昨日ほどキレたお兄ちゃんは珍しかったけど、右腕を使ったことは普通にある。
ペンは左手だけど、お箸とかは右手だし……。
「そういえば、頭撫でらるときは毎回左手だ」
「どうして自分の頭を撫でた手が毎回左だって気付くのよ。むしろそっちに驚愕だわ」
そりゃ右手の方がやりやすいだろ、って体勢でも頑なに左手を使われれば気にもなる。
「まぁ、紅莉ちゃんが違和感を感じないほど、大した障碍じゃないってことかも」
「というか本当に障碍なの?」
イマイチ信じられない。
「さぁ?グゥちゃんはそう言ってたから」
グゥちゃんって誰だ?
……あ、師匠のことか。
「良い機会だし、中学や高校時代のお兄ちゃんの話を聞かせてくれない?」
お兄ちゃんは昔のことを語りたがらないからね。
『兄が女に振られまくった時代のことを根掘り葉掘り訊きたいのか?』と人並の羞恥心があるかのように隠すからね。
「高校時代は、いろいろとヤバかったね」
「いろいろって?」
「知ってるだろうけど、アイツは私立高校の特待生でね。授業料と部活や委員会を免除してもらっていたんだ」
これは知っている。
確かその高校が学業に力を入れたかったから優秀な生徒を特別待遇で招いていたらしい。
お兄ちゃんの他にも10人くらいは全国順位3桁の強者が居たって聞いた。
「その上、ルックスも良い方だ。モテたね、そりゃもうたくさん」
「その頃のことはなんとなくだけど、覚えてる。結構彼女さんいたよね?」
「結構、ってか合計で25人くらいじゃないか?」
「うわっ、ヤリ○ン」
「待ちなさい、紅莉。お兄さんって童貞なんでしょ?いくらなんでも矛盾してない?」
「あ、確かに。

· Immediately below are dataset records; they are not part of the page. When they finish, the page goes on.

//! The calls of a core that C makes: `wulgach_core_..` of the header.
//!
//! Each returns 0, or the negative of an error number: -9 (EBADF) exactly at an empty place.
ghost use Rattle.std.specs.Prelude.{◌≡◌, ◌↔◌, [], pos, neg_ℤ, None, IsSome, IfSome, IsSomeAnd, MatchOption, slice_get, length};
ghost use Rattle.uring_entry.specs.Completions.{unreaped};
ghost use Rattle.uring_entry.specs.Requests.{least_of, operation_running};
ghost use Rattle.uring_entry.specs.declared.errno.TheConstants.{EBADF, EINVAL, ENOENT, ENOMEM};
ghost use Rattle.uring_rules.specs.Rules.{issuables_of, issuable_from, why_of};
ghost use Rattle.uring_core.specs.World.{requests_of};
ghost use Rattle.uring_core.specs.Core.{FitsApart, IsCounts};
ghost use Rattle.uring_core.specs.Histories.{History, world};
ghost use Rattle.uring_ffi_values.specs.CoreWords.OperationForm.{words_of_operation};
ghost use Rattle.uring_ffi_values.specs.Boxes.Places.{core_in};
ghost use Rattle.uring_ffi_values.specs.CoreWords.ReadingForms.{words_of_completion, counts_told};
ghost use Rattle.uring_ffi_values.specs.CoreWords.SetUps.{IsAskedFor, IsRefused, without_files};
ghost use Rattle.uring_core.specs.StepForm.{core_step_of};
ghost use Rattle.uring_ffi_values.specs.CoreWords.WhyForm.{words_of_why};
ghost use Rattle.uring_ffi_values.specs.Cores.Stepping.{TellsStepApart, TellsFinish};

use std::alloc::Global;
use uring_core::StepWords;
use uring_entry::errno;
use uring_ffi_values::answer_words::{AnswerWords, answer_words};
use uring_ffi_values::completion_words::{CompletionWords, OutcomeBytes, completion_words};
use uring_ffi_values::core_memory::{core_new_in, core_step_in};
use uring_ffi_values::core_place::CorePlace;
use uring_ffi_values::count_words::{CountWords, count_words};
use uring_ffi_values::operation_words::{OperationWords, operation_words};
use uring_ffi_values::set_up_words::SetupWords;
use uring_ffi_values::why_words::{WhyWords, why_words};
use uring_machine::Outcome;

/// Puts a new core into a place; what was there is freed. How many files the set-up asks for doesn't count. -22 (EINVAL) exactly if the rest of it is refused; -12 (ENOMEM) if memory is. Then the place keeps what it had.
#[unsafe(no_mangle)]
pub extern "C" fn wulgach_core_new(alloc: Global, place: &mut CorePlace, setup: &SetupWords) -> i32
    ensures refused { (result ≡ neg_ℤ EINVAL) ↔ IsRefused (without_files setup.now) }
    ensures results { (result ≡ pos 0 → ⊥) → (result ≡ neg_ℤ EINVAL → ⊥) → result ≡ neg_ℤ ENOMEM }
    ensures kept { (result ≡ pos 0 → ⊥) → core_in place.new ≡ core_in place.old }
    ensures made { result ≡ pos 0
        → IsSomeAnd (core_in place.new)
        (λ core. IsAskedFor (without_files setup.now) core.setup × FitsApart core []) }
{
    core_new_in(&alloc, alloc, place, setup)
}

/// Makes one step, and writes its answer. -22 (EINVAL) exactly if the words give no step of a core. A refusal changes nothing.
#[unsafe(no_mangle)]
pub extern "C" fn wulgach_core_step(
    alloc: Global,
    place: &mut CorePlace,
    step: &StepWords,
    answer: &mut AnswerWords,
) -> i32
    ensures empty { (result ≡ neg_ℤ EBADF) ↔ (core_in place.old ≡ None) }
    ensures no_step { (result ≡ neg_ℤ EINVAL)
        ↔ (IsSome (core_in place.old) × (core_step_of step.now ≡ None)) }
    ensures kept { (result ≡ pos 0 → ⊥)
        → (core_in place.new ≡ core_in place.old) × (answer.new ≡ answer.old) }
    ensures made { IsSome (core_in place.old)
        → IfSome (core_step_of step.now)
        (λ s. (result ≡ pos 0)
        × TellsStepApart s (core_in place.old) (core_in place.new) answer.new) }
{
    core_step_in(&alloc, alloc, place, step, answer)
}

/// Ends the running request of this number with an outcome from outside, and writes the answer.
#[unsafe(no_mangle)]
pub extern "C" fn wulgach_core_finish(
    alloc: Global,
    place: &mut CorePlace,
    number: u64,
    res: i32,
    bytes: &OutcomeBytes,
    answer: &mut AnswerWords,
) -> i32
    ensures empty { (result ≡ neg_ℤ EBADF) ↔ (core_in place.old ≡ None) }
    ensures kept { core_in place.old ≡ None
        → (core_in place.new ≡ None) × (answer.new ≡ answer.old) }
    ensures made { IsSome (core_in place.old)
        → (result ≡ pos 0)
        × TellsFinish number (record { res = res; bytes = bytes.now.bytes }) (core_in place.old)
        (core_in place.new) answer.new }
{
    if !place.is_full {
        return -errno::EBADF;
    }
    let outcome = Outcome {
        res,
        bytes: bytes.bytes,
    };
    *answer = answer_words(&place.finish(alloc, number, outcome));
    0
}

/// Writes how far a core has come.
#[unsafe(no_mangle)]
pub extern "C" fn wulgach_core_counts(
    alloc: Global,
    place: &mut CorePlace,
    counts: &mut CountWords,
) -> i32
    ensures empty { (result ≡ neg_ℤ EBADF) ↔ (core_in place.old ≡ None) }
    ensures kept { core_in place.new ≡ core_in place.old }
    ensures refused { core_in place.old ≡ None → counts.new ≡ counts.old }
    ensures counts { IfSome (core_in place.old)
        (λ core. (result ≡ pos 0)
        × ((h : History) → FitsApart core h → IsCounts (world core.setup h) (counts_told counts.new))) }
{
    if !place.is_full {
        return -errno::EBADF;
    }
    *counts = count_words(&place.counts(alloc));
    0
}

/// Writes the completion at this place, from 0, among those that are posted and not reaped, the oldest first. -2 (ENOENT) past the last.
#[unsafe(no_mangle)]
pub extern "C" fn wulgach_core_rest(
    alloc: Global,
    place: &mut CorePlace,
    index: u64,
    completion: &mut CompletionWords,
) -> i32
    ensures empty { (result ≡ neg_ℤ EBADF) ↔ (core_in place.old ≡ None) }
    ensures kept { core_in place.new ≡ core_in place.old }
    ensures refused { core_in place.old ≡ None → completion.new ≡ completion.old }
    ensures completion { IfSome (core_in place.old)
        (λ core. (h : History) → FitsApart core h
        → MatchOption (slice_get (unreaped (world core.setup h).completions) index) ((result ≡ neg_ℤ ENOENT) × (completion.new ≡ completion.old)) (λ c. (result ≡ pos 0) × (completion.new ≡ words_of_completion c))) }
{
    if !place.is_full {
        return -errno::EBADF;
    }
    let Some(found) = place.rest(alloc, index) else {
        return -errno::ENOENT;
    };
    *completion = completion_words(&found);
    0
}

/// Writes the least outstanding request. -2 (ENOENT) if nothing is outstanding.
#[unsafe(no_mangle)]
pub extern "C" fn wulgach_core_least(alloc: Global, place: &mut CorePlace, number: &mut u64) -> i32
    ensures empty { (result ≡ neg_ℤ EBADF) ↔ (core_in place.old ≡ None) }
    ensures kept { core_in place.new ≡ core_in place.old }
    ensures refused { core_in place.old ≡ None → number.new ≡ number.old }
    ensures least { IfSome (core_in place.old)
        (λ core. (h : History) → FitsApart core h
        → MatchOption (least_of (world core.setup h).requests) ((result ≡ neg_ℤ ENOENT) × (number.new ≡ number.old)) (λ least. (result ≡ pos 0) × (number.new ≡ least))) }
{
    if !place.is_full {
        return -errno::EBADF;
    }
    let Some(found) = place.least(alloc) else {
        return -errno::ENOENT;
    };
    *number = found;
    0
}

/// Writes the operation of a running request. -2 (ENOENT) if it isn't running.
#[unsafe(no_mangle)]
pub extern "C" fn wulgach_core_running_op(
    alloc: Global,
    place: &mut CorePlace,
    number: u64,
    operation: &mut OperationWords,
) -> i32
    ensures empty { (result ≡ neg_ℤ EBADF) ↔ (core_in place.old ≡ None) }
    ensures kept { core_in place.new ≡ core_in place.old }
    ensures refused { core_in place.old ≡ None → operation.new ≡ operation.old }
    ensures operation { IfSome (core_in place.old)
        (λ core. (h : History) → FitsApart core h
        → MatchOption (operation_running (world core.setup h).requests number) ((result ≡ neg_ℤ ENOENT) × (operation.new ≡ operation.old)) (λ op. (result ≡ pos 0) × (operation.new ≡ words_of_operation op))) }
{
    if !place.is_full {
        return -errno::EBADF;
    }
    let Some(found) = place.running_op(alloc, number) else {
        return -errno::ENOENT;
    };
    *operation = operation_words(&found);
    0
}

/// Writes the least request from this number on, any number, that can be issued. -2 (ENOENT) if there is none.
#[unsafe(no_mangle)]
pub extern "C" fn wulgach_core_next_issuable(
    alloc: Global,
    place: &mut CorePlace,
    from: u64,
    number: &mut u64,
) -> i32
    ensures empty { (result ≡ neg_ℤ EBADF) ↔ (core_in place.old ≡ None) }
    ensures kept { core_in place.new ≡ core_in place.old }
    ensures refused { core_in place.old ≡ None → number.new ≡ number.old }
    ensures next { IfSome (core_in place.old)
        (λ core. (h : History) → FitsApart core h
        → MatchOption (issuable_from core.setup.linux (requests_of (world core.setup h)) from) ((result ≡ neg_ℤ ENOENT) × (number.new ≡ number.old)) (λ next. (result ≡ pos 0) × (number.new ≡ next))) }
{
    if !place.is_full {
        return -errno::EBADF;
    }
    let Some(found) = place.next_issuable(alloc, from) else {
        return -errno::ENOENT;
    };
    *number = found;
    0
}

/// Writes how many requests can be issued.
#[unsafe(no_mangle)]
pub extern "C" fn wulgach_core_issuable(
    alloc: Global,
    place: &mut CorePlace,
    count: &mut u64,
) -> i32
    ensures empty { (result ≡ neg_ℤ EBADF) ↔ (core_in place.old ≡ None) }
    ensures kept { core_in place.new ≡ core_in place.old }
    ensures refused { core_in place.old ≡ None → count.new ≡ count.old }
    ensures count { IfSome (core_in place.old)
        (λ core. (result ≡ pos 0)
        × ((h : History) → FitsApart core h → count.new ≡ length (issuables_of core.setup.linux (requests_of (world core.setup h))))) }
{
    if !place.is_full {
        return -errno::EBADF;
    }
    *count = place.issuable(alloc);
    0
}

/// Writes the request at this place, from 0, among those that can be issued, in the order of their numbers. -2 (ENOENT) past the last.
#[unsafe(no_mangle)]
pub extern "C" fn wulgach_core_nth_issuable(
    alloc: Global,
    place: &mut CorePlace,
    index: u64,
    number: &mut u64,
) -> i32
    ensures empty { (result ≡ neg_ℤ EBADF) ↔ (core_in place.old ≡ None) }
    ensures kept { core_in place.new ≡ core_in place.old }
    ensures refused { core_in place.old ≡ None → number.new ≡ number.old }
    ensures nth { IfSome (core_in place.old)
        (λ core. (h : History) → FitsApart core h
        → MatchOption (slice_get (issuables_of core.setup.linux (requests_of (world core.setup h))) index) ((result ≡ neg_ℤ ENOENT) × (number.new ≡ number.old)) (λ found. (result ≡ pos 0) × (number.new ≡ found))) }
{
    if !place.is_full {
        return -errno::EBADF;
    }
    let Some(found) = place.nth_issuable(alloc, index) else {
        return -errno::ENOENT;
    };
    *number = found;
    0
}

/// Writes why a request, of any number, stands as it does.
#[unsafe(no_mangle)]
pub extern "C" fn wulgach_core_why(
    alloc: Global,
    place: &mut CorePlace,
    number: u64,
    why: &mut WhyWords,
) -> i32
    ensures empty { (result ≡ neg_ℤ EBADF) ↔ (core_in place.old ≡ None) }
    ensures kept { core_in place.new ≡ core_in place.old }
    ensures refused { core_in place.old ≡ None → why.new ≡ why.old }
    ensures why { IfSome (core_in place.old)
        (λ core. (result ≡ pos 0)
        × ((h : History) → FitsApart core h → why.new ≡ words_of_why (why_of core.setup.linux (requests_of (world core.setup h)) number))) }
{
    if !place.is_full {
        return -errno::EBADF;
    }
    *why = why_words(place.why(alloc, number));
    0
}

/// Frees the core of a place, which is empty from then on.
#[unsafe(no_mangle)]
pub extern "C" fn wulgach_core_free(alloc: Global, place: &mut CorePlace) -> i32
    ensures empty { (result ≡ neg_ℤ EBADF) ↔ (core_in place.old ≡ None) }
    ensures freed { core_in place.new ≡ None }
    ensures done { IsSome (core_in place.old) → result ≡ pos 0 }
{
    if !place.is_full {
        return -errno::EBADF;
    }
    *place = CorePlace::empty(alloc);
    0
}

どういうことなの?ゆうくん」
ガードが固い女なら、まだしも、25人も付き合っていたなら1人くらいヤれただろう。
「えっと確か、『オレの純潔を捧げられる女なんざ、この辺りにはいねぇよ』って切り捨ててたっけ?」
そりゃまたカッコ良いのかカッコ悪いのかイマイチ分からない理由だね。
普通に考えれば負け犬の遠吠えになるんだろうけど。
「高校の頃はそんなもんかな?中学の頃は紅莉ちゃんの面倒ばっか見てたから普通にダッシュで帰ってたし、高校と違ってグゥちゃん居たからそんなに荒ぶっていなかったたように思う」
「……?なんでここで師匠が出てくるの?」
「え?紅莉ちゃん、もしかして知らなかった?月宮兄こと紅蓮とグゥちゃんは昔付き合ってたって」
「………………は?…………はぁーーー!!!?」
「マジか」
これは私が知らなかったことに驚いているパターン。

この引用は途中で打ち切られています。